To date, there is no known clinical relevance for the increase in plasma concentrations of rizatriptan with concomitant use of propranolol. In other countries, such as the United States, a corresponding restriction on the use of rizatriptan 10 mg with concomitant pre-treatment with propranolol is not listed in the prescribing information. There is no indication in the literature regarding a clinical relevance for the safety and tolerability of pretreatment with propranolol during treatment with rizatriptan 5 or 10 mg. These are studies in healthy subjects and theoretical precautionary measures in the context of initial drug approval. However, after more than 20 years of experience, no clinically relevant effects on the tolerability or safety of rizatriptan 5 mg or rizatriptan 10 mg were found in the clinical use in the acute treatment of migraine attacks.

On average, migraine patients suffer 1.6 attacks per month [10]. From a clinical point of view, it is appropriate for migraine patients with an average or even lower frequency of migraine attacks per month to self-medicate from the pharmacy. This applies all the more if patients can thereby achieve effective treatment. It is appropriate for this group of patients to have various treatment options from different groups of active ingredients at their disposal. It is therefore necessary that further substances with a comparable or even better risk–benefit profile are transferred from the prescription-only to the pharmacy-only status. As the study situation proves this for rizatriptan 5 mg, it is appropriate from a clinical standpoint that rizatriptan 5 mg should be transferred from prescription-only to pharmacy-only status.

When headaches occur for the very first time, there is always diagnostic uncertainty as to which type of headache is present.
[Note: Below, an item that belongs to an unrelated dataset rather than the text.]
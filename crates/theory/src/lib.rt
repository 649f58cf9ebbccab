// The determinization theorem: specifications only.
#![tactic(auto)]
As a result, patients experiencing headaches for the first time with a relevant degree of suffering should always be examined and advised by a doctor. The requirement for self-medication should therefore be that this should only take place after an initial diagnosis of the headache by a doctor.
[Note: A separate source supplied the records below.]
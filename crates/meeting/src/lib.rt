// Meeting walks: whether there are any, and a shortest pair of them, traced back from where the search among pairs ends.
#![tactic(auto)]

ghost use Rattle.std.specs.Prelude.{◌≡◌, ℕ, ◌<◌, length};
ghost use Rattle.sets.specs.Sets.{Member};
ghost use Rattle.pairs.specs.Joining.{Backwards};
ghost use Rattle.automaton.specs.Graph.{graph};
ghost use Rattle.automaton.specs.Meeting.{Witness};
ghost use Rattle.lent.specs.Lent.{witness_tables};
ghost use Rattle.meeting.specs.Answer.{Asked, Answered};
ghost use Rattle.pair_search.specs.Search.{MeetingFound};
ghost use Rattle.meeting.specs.Trace.{noted, Traceable, Leads};

use automaton::GraphNumbers;

// The least member of a set that has one.
fn member(set: u16) -> usize
    requires { set ≡ 0 → ⊥ }
    ensures { (result < 16) × Member set result }
{
    for q in 0..15 {
        if sets::contains(set, q) {
            return q;
        }
    }
    15
}

// Letter l and the states of pair e at time t.
fn note(word: &mut [u16], one: &mut [u16], other: &mut [u16], t: usize, l: usize, e: usize)
    requires { (l < 8) × (t < length word.old) × (t < length one.old) × (t < length other.old) }
    ensures { witness_tables word.new one.new other.new ≡ noted
        (witness_tables word.old one.old other.old) t l e }
{
    word[t] = l as u16;
    one[t] = (e / 16 % 16) as u16;
    other[t] = (e % 16) as u16;
}

// From pair head, d letters deep, back to a pair of initial states.
fn trace(queue: &[u16], head: usize, d: usize, word: &mut [u16], one: &mut [u16], other: &mut [u16])
    requires { Traceable queue.now head d (witness_tables word.old one.old other.old) }
    ensures { (i : ℕ) × Leads queue.now head d 0 i (witness_tables word.old one.old other.old)
        (witness_tables word.new one.new other.new) }
{
    let mut i = head;
    for t in (0..d).rev() {
        let o = queue::number(queue, 256 + i);
        i = o / 8;
        note(word, one, other, t, o % 8, queue::number(queue, i));
    }
}

// A shortest meeting by way of pair `head`, which joins: its word and walks, in the tables. The answer is its length.
fn witness(
    g: GraphNumbers,
    table: &[u16],
    counts: u16,
    queue: &[u16],
    head: usize,
    word: &mut [u16],
    one: &mut [u16],
    other: &mut [u16],
) -> usize
    requires { Asked (graph g table.now) (witness_tables word.old one.old other.old) × MeetingFound (graph g table.now) counts queue.now head }
    ensures { (0 < result) × Witness (graph g table.now) (Member counts) result word.new one.new other.new }
{
    let e = queue::number(queue, head);
    let d = e / 256;
    let p = e / 16 % 16;
    let q = e % 16;
    let l = pair_search::joining(table, counts, e).unwrap();
    let z = member(pair_search::common(table, counts, p, q, l)) as u16;
    note(word, one, other, d, l, e);
    one[d + 1] = z;
    other[d + 1] = z;
    trace(queue, head, d, word, one, other);
    d + 1
}

// Question 10 where a meeting counts at the states of a set: the length of a shortest word with meeting walks, if there are any.
pub fn search(
    g: GraphNumbers,
    table: &[u16],
    counts: u16,
    word: &mut [u16],
    one: &mut [u16],
    other: &mut [u16],
) -> Option<usize>
    requires { Asked (graph g table.now) (witness_tables word.old one.old other.old) × Backwards (graph g table.now) (Member counts) }
    ensures { Answered (graph g table.now) (Member counts) (witness_tables word.old one.old other.old)
        (witness_tables word.new one.new other.new) result }
{
    let mut queue = [0u16; 528];
    let head = pair_search::explore(g, table, counts, &mut queue)?;
    Some(witness(g, table, counts, &queue, head, word, one, other))
}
As primary headache disorders such as migraine can persist for several decades of life, self-medication can then be carried out responsibly in the further course of the disease if the headache phenotype remains constant and the occurrence of attacks is known, and if it is effective and well tolerated. However, if the medication is not effective, if adverse events occur or if the headache phenotype changes, patients should be informed that they should be seen by a doctor again during the course of the disease.
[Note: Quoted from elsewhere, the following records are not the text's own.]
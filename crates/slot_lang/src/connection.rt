//! The statements that connect and disconnect.

ghost use Rattle.std.specs.Prelude.{◌<◌, length, OnOk};
ghost use Rattle.slot_lang.specs.code.Grammar.{ReadsConnection, ReadsDisconnection};
ghost use Rattle.slot_lang.specs.Grammar.{spell_how};
ghost use Rattle.token_reading.specs.code.Reading.{Reads, EndsAnywhere};

use crate::path::PathPart;
use syntax_trees::{ConnectionType, Stmt};
use texts::Symbol;
use token_reading::{Cursor, ParseFault, both_ends};

/// What separates the parts of a connection.
const SEPARATOR: Option<Symbol> = Some(Symbol::Comma);

/// What follows `connect`.
pub fn connection(cursor: &mut Cursor) -> Result<Stmt, ParseFault>
    ensures reads { ReadsConnection cursor.old result cursor.new }
    ensures shorter { OnOk result (length cursor.new < length cursor.old) }
{
    let ends = both_ends::<PathPart>(cursor, SEPARATOR)?;
    let how = how(cursor)?;
    Ok(Stmt::Connect(ends, how))
}

/// What follows `disconnect`.
pub fn disconnection(cursor: &mut Cursor) -> Result<Stmt, ParseFault>
    ensures reads { ReadsDisconnection cursor.old result cursor.new }
    ensures shorter { OnOk result (length cursor.new < length cursor.old) }
{
    let ends = both_ends::<PathPart>(cursor, SEPARATOR)?;
    cursor.expect(Symbol::Semicolon)?;
    Ok(Stmt::Disconnect(ends))
}

/// `"," kind ["," "unique"] ["," "single"] ";"`
fn how(cursor: &mut Cursor) -> Result<ConnectionType, ParseFault>
    ensures reads { Reads spell_how (λ how. how) EndsAnywhere cursor.old result cursor.new }
    ensures shorter { OnOk result (length cursor.new < length cursor.old) }
{
    cursor.expect(Symbol::Comma)?;
    let how = cursor.connection_type(SEPARATOR)?;
    cursor.expect(Symbol::Semicolon)?;
    Ok(how)
}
Patients should be informed at the pharmacy about what to do if a recurrent headache occurs. Patients should also be told what to do if rizatriptan 5 mg is not initially effective during an acute migraine attack.

If there is a significant improvement in the migraine attack after taking Rizatriptan 5 mg (reduction from severe or moderate headache to mild or no headache) and the headache recurs after this reduction, this is referred to as a recurrence headache. In this case, it is appropriate to take a second dose. A renewed improvement in the headache is then to be expected according to the clinical study situation. It is therefore also appropriate that two tablets are available in one packaging unit for self-medication.

However, if there is no initial improvement after taking Rizatriptan 5 mg, there is a primary inefficacy in the context of this attack. This does not necessarily mean that there will be no efficacy in the event of another attack at a different time. In the current attack, however, it is not practical to take the second dose. According to study data, it cannot be expected that a repeated dose will be effective during this attack in the event of primary inefficacy. Instead, a backup medication with a different active ingredient should be used.